What is required: Every line containing the string "requires" is to be copied from the records.

Data for this exercise:
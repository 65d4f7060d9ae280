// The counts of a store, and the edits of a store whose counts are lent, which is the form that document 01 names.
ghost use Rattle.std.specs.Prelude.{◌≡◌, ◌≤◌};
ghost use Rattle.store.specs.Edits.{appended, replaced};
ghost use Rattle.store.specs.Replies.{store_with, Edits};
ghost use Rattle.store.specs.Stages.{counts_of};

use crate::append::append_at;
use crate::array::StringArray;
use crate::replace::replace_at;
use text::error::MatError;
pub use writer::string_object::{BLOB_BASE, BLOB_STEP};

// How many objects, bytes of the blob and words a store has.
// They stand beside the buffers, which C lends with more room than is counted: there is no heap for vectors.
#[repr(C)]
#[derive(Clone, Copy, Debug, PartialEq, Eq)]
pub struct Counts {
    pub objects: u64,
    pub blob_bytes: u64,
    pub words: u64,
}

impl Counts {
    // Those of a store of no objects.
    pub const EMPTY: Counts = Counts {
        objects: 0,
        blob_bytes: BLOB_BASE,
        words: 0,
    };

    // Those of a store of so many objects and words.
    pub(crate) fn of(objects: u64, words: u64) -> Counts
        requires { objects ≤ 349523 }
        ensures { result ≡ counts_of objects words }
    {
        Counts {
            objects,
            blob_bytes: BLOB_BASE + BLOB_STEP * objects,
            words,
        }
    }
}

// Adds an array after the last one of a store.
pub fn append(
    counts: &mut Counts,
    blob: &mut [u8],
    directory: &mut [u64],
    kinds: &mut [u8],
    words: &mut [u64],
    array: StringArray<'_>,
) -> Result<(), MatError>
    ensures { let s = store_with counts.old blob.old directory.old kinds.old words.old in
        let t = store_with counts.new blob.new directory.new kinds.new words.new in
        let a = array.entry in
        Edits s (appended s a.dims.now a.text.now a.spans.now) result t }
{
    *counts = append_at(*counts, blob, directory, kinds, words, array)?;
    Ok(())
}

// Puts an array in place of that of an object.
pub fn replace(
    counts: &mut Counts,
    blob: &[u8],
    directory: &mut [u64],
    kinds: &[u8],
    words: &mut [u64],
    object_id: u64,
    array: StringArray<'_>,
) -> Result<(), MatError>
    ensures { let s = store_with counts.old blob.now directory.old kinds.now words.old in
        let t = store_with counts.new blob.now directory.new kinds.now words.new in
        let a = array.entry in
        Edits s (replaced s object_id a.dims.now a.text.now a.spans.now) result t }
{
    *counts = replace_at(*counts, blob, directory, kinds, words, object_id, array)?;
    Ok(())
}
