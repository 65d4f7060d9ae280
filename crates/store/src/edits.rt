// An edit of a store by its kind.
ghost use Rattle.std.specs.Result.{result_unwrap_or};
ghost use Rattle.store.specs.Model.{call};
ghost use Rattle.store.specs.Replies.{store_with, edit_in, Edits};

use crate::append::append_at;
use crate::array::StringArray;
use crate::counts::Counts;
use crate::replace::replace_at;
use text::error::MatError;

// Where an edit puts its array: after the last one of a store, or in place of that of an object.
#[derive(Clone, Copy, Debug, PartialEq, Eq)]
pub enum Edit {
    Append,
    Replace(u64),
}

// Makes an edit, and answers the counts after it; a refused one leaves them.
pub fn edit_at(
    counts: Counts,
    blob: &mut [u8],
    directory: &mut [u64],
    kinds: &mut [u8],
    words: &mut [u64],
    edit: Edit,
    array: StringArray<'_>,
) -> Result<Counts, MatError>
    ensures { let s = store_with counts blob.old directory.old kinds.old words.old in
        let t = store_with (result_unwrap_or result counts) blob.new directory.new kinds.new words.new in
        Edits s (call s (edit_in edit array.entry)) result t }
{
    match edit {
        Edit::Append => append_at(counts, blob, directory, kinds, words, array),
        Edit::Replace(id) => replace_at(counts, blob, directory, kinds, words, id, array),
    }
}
--
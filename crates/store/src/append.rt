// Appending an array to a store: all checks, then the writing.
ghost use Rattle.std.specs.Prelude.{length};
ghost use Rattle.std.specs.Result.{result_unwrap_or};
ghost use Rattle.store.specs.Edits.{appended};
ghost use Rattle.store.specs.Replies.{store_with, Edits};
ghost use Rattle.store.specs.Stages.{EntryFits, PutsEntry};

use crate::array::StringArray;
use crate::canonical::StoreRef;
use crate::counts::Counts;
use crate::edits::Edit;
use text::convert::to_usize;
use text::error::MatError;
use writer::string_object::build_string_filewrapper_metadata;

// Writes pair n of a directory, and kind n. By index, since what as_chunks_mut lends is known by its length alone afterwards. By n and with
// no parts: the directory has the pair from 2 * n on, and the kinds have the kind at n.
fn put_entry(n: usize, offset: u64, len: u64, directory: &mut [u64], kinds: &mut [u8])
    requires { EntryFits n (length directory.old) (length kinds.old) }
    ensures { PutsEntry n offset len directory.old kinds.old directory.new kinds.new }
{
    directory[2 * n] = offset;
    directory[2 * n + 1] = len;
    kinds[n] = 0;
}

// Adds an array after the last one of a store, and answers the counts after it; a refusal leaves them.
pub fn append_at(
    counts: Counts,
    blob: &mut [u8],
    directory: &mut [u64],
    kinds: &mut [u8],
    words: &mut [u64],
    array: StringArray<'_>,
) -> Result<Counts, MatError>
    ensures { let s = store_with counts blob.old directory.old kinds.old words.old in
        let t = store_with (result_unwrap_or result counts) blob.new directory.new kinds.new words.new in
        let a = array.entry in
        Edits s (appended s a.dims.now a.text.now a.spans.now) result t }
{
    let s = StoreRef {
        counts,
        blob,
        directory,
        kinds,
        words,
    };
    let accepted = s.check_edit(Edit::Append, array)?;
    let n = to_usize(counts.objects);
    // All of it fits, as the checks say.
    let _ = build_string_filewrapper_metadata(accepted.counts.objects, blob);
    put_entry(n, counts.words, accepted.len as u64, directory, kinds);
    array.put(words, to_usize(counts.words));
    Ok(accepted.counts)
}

Solution below:
        requires { objects ≤ 349523 }
    requires { EntryFits n (length directory.old) (length kinds.old) }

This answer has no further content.